In July 2005, Gail Kelly and her directors would also have found this when the bank carried out another review of the Jenolan Caves businesses. Again, they did not provide me with a copy of their review. Jeff Shaw, who was acting for me, at that time, claimed that under the Act, governments and banks must comply with the law. He was previously NSW Attorney General and claimed the new government could not sell or transfer the lease.

In September 2005, my company could not continue paying the bank’s interest. The bank then appointed Receivers and Managers, despite knowing that Jenolan Caves visitor numbers had fallen from 270,000 in 1995 to 210,000 in 2004. The visitor number declined when the government relocated the administration and senior executives to Oberon and then to Bathurst. During this period, visitor numbers declined by 20%,

In November 2005, I wrote to Gail Kelly and requested ‘a meeting to address a preferred way forward that maintains the value of the asset and protect the rights of our companies, and to ensure all parties are protected.’ There was no reply, suggesting the bank’s dispute resolution procedures were not protecting customers like me. We later found that the bank misled millions of customers because none could resolve disputes free of charge.

The bank did not comply with the 2003 Code. Since 2003, Westpac’s managing director Dr. David Morgan knew that the federal government published recommendations made by John Howard’s Taskforce on Industry Self-Regulation. It states:

The promotion of dispute resolution schemes is both beneficial for industry, and to the consumer. For industry, a dispute resolution scheme can be used as a marketing tool to differentiate itself from competitors. Whereas, for consumer, the promotion of a dispute resolution schemes informs them of their rights (p.116).

In June 2003, John McFarlane, Westpac’s current Chairman, also knew that the dispute resolution schemes inform customers of their rights. He was also the bankers’ association chair that published details of how the code will be monitored. Richard Viney, the association’s code reviewer, commented on this. He said:

The code has real teeth as I know of no other banking code in the world that is enforceable as a contract by the customer.

The 2003 Code, however, was dishonest, as small businesses and farmers could not resolve disputes free of charge. McFarlane and Morgan knew that the bank had provided a code that was not enforceable. It was, in fact, a dishonest scheme, or fraud.
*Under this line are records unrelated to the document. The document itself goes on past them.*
//! Files of the system and writers, as devices of a command.

use crate::devices::{Made, Opened};
use std::io::Write;
use std::rt::Files;
use tsn_device::{Failure, FileSink, FileSource, WriterSink};

impl<R: Files + Input> Opened for FileSource<'_, R> {
    fn failure(&self) -> Option<Failure<'_>> {
        FileSource::failure(self)
    }

    fn count(&self) -> usize {
        FileSource::count(self)
    }
}

impl<R: Files> Made for FileSink<'_, R> {
    fn failure(&self) -> Option<Failure<'_>> {
        FileSink::failure(self)
    }
}

impl<W: Write + Drop> Made for WriterSink<'_, W> {
    fn failure(&self) -> Option<Failure<'_>> {
        WriterSink::failure(self)
    }
}
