//! What a run answers is told: in a line, or in an object of JSON in its place.
ghost use Rattle.std.specs.Prelude.{◌≡◌, [], ◌∷◌, IfOk, codes, string_bytes};
ghost use Rattle.tsn_outcome.specs.Run.{sink_over};
ghost use Rattle.tsn_outcome.specs.Said.{status_of};
ghost use Rattle.tsn_outcome.specs.Outcome.{IsOutputOf, IsWrittenAs, outcome_of};
ghost use Rattle.tsn_outcome.specs.Runs.{IsObjectOf, IsTellingOf, IsToldBy, Says};

use crate::devices::{Given, Made};
use crate::object::format_told;
use crate::reason::failure_line;
use crate::run::{DEVICE, MEMORY, NO_MEMORY_LINE, respond};
use crate::told::{Ran, Told, say, tell};
use crate::{Answer, Outcome, outcome_of};
use std::alloc::Global;
use tsn_device::device::ReadFault;
use tsn_model::NoMemory;

/// Writes what a run answers, in a line or, where `json`, as a line of JSON, and tells the reason on standard error.
pub fn tell_answer<'a, G: Given<'a>, W: Made>(
    alloc: Global,
    given: &mut G,
    output: W,
    told: Told,
    json: bool,
) -> Ran<W>
    requires { W.failed output ≡ 0 }
    ensures { IsToldBy json told.answer (sink_over W.taken W.failed output result.output) result.status }
{
    if json {
        let Told { answer, reason } = told;
        let outcome = outcome_of(&answer);
        let reason = reason.or(reason_in(answer));
        tell_as_json(alloc, given, output, outcome, reason)
    } else {
        tell_in_line(alloc, given, output, told)
    }
}

/// Why it is this answer, in the words that were made with it.
pub fn reason_in(answer: Result<Answer, ReadFault>) -> Option<String> {
    match answer {
        Ok(Answer { line, reason, .. }) => {
            drop(line);
            reason
        }
        Err(_) => None,
    }
}

// Writes the line, and tells why it can't be written, or else the reason.
fn tell_in_line<'a, G: Given<'a>, W: Made>(
    alloc: Global,
    given: &mut G,
    mut output: W,
    told: Told,
) -> Ran<W>
    requires { W.failed output ≡ 0 }
    ensures { IsWrittenAs IsOutputOf told.answer (sink_over W.taken W.failed output result.output ∷ []) result.status }
{
    let Told { answer, reason } = told;
    let status = respond(&mut output, &answer);
    let failed = failure_line(alloc, status, output.failure());
    tell(given, failed.or(reason).or(reason_in(answer)));
    Ran { status, output }
}

// Writes an outcome as a line of JSON; that memory was refused is said as ever.
fn tell_as_json<'a, G: Given<'a>, W: Made>(
    alloc: Global,
    given: &mut G,
    output: W,
    outcome: Outcome,
    reason: Option<String>,
) -> Ran<W>
    requires { W.failed output ≡ 0 }
    ensures { IsTellingOf outcome (sink_over W.taken W.failed output result.output) result.status }
{
    let status = outcome.status();
    if status == MEMORY {
        drop(reason);
        return say_no_memory(output);
    }
    match object_of(alloc, outcome, &reason) {
        Ok(object) => end_told(alloc, given, output, status, object, reason),
        Err(NoMemory) => {
            if status == DEVICE {
                tell(given, reason);
                return say(output, DEVICE, b"");
            }
            drop(reason);
            say_no_memory(output)
        }
    }
}

/// Writes that memory was refused, as a command does.
pub fn say_no_memory<W: Made>(output: W) -> Ran<W>
    requires { W.failed output ≡ 0 }
    ensures { Says MEMORY (codes "no memory\n") (sink_over W.taken W.failed output result.output) result.status }
{
    say(output, MEMORY, NO_MEMORY_LINE)
}

// The line of JSON.
fn object_of(alloc: Global, outcome: Outcome, reason: &Option<String>) -> Result<String, NoMemory>
    ensures { IfOk result (λ text. IsObjectOf outcome (string_bytes text)) }
{
    let reason = match reason {
        Some(reason) => Some(reason.as_str()),
        None => None,
    };
    format_told(alloc, outcome, reason)
}

// Writes an object that tells how a run ended. Where that can't be written, this is told on standard error, and else the reason.
fn end_told<'a, G: Given<'a>, W: Made>(
    alloc: Global,
    given: &mut G,
    output: W,
    status: u8,
    object: String,
    reason: Option<String>,
) -> Ran<W>
    requires { W.failed output ≡ 0 }
    ensures { Says status (string_bytes object) (sink_over W.taken W.failed output result.output) result.status }
{
    let ran = say(output, status, object.as_bytes());
    let failed = failure_line(alloc, ran.status, ran.output.failure());
    tell(given, failed.or(reason));
    ran
}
In December 2005, the bank appointed Grant Thornton, Receivers and Managers. It required Paul Billingham, its director, to deal with serious misconduct that was happening at that time. Billingham did not comment on what caused the damages when my business relied on the Trust, but it was operated without a Trust Board. At that time, all documents filed at Caves House were retained by Grant Thornton.

Prior to March 2006, everything the bank, the Receivers and Managers, and the Trust did was done secretly. I wrote to Philip Crawford, Director, Henry Davis York, the bank’s external lawyers, and noted this but he did not respond. I wrote to Kelly requesting a meeting ‘to discuss an arrangement that will satisfy banks with minimal damage to both our businesses.’ Gail Kelly, like McFarlane and Morgan, would have known the bank’s dispute resolution procedures, published by the Australian Bankers’ Association (ABA), were a dishonest scheme.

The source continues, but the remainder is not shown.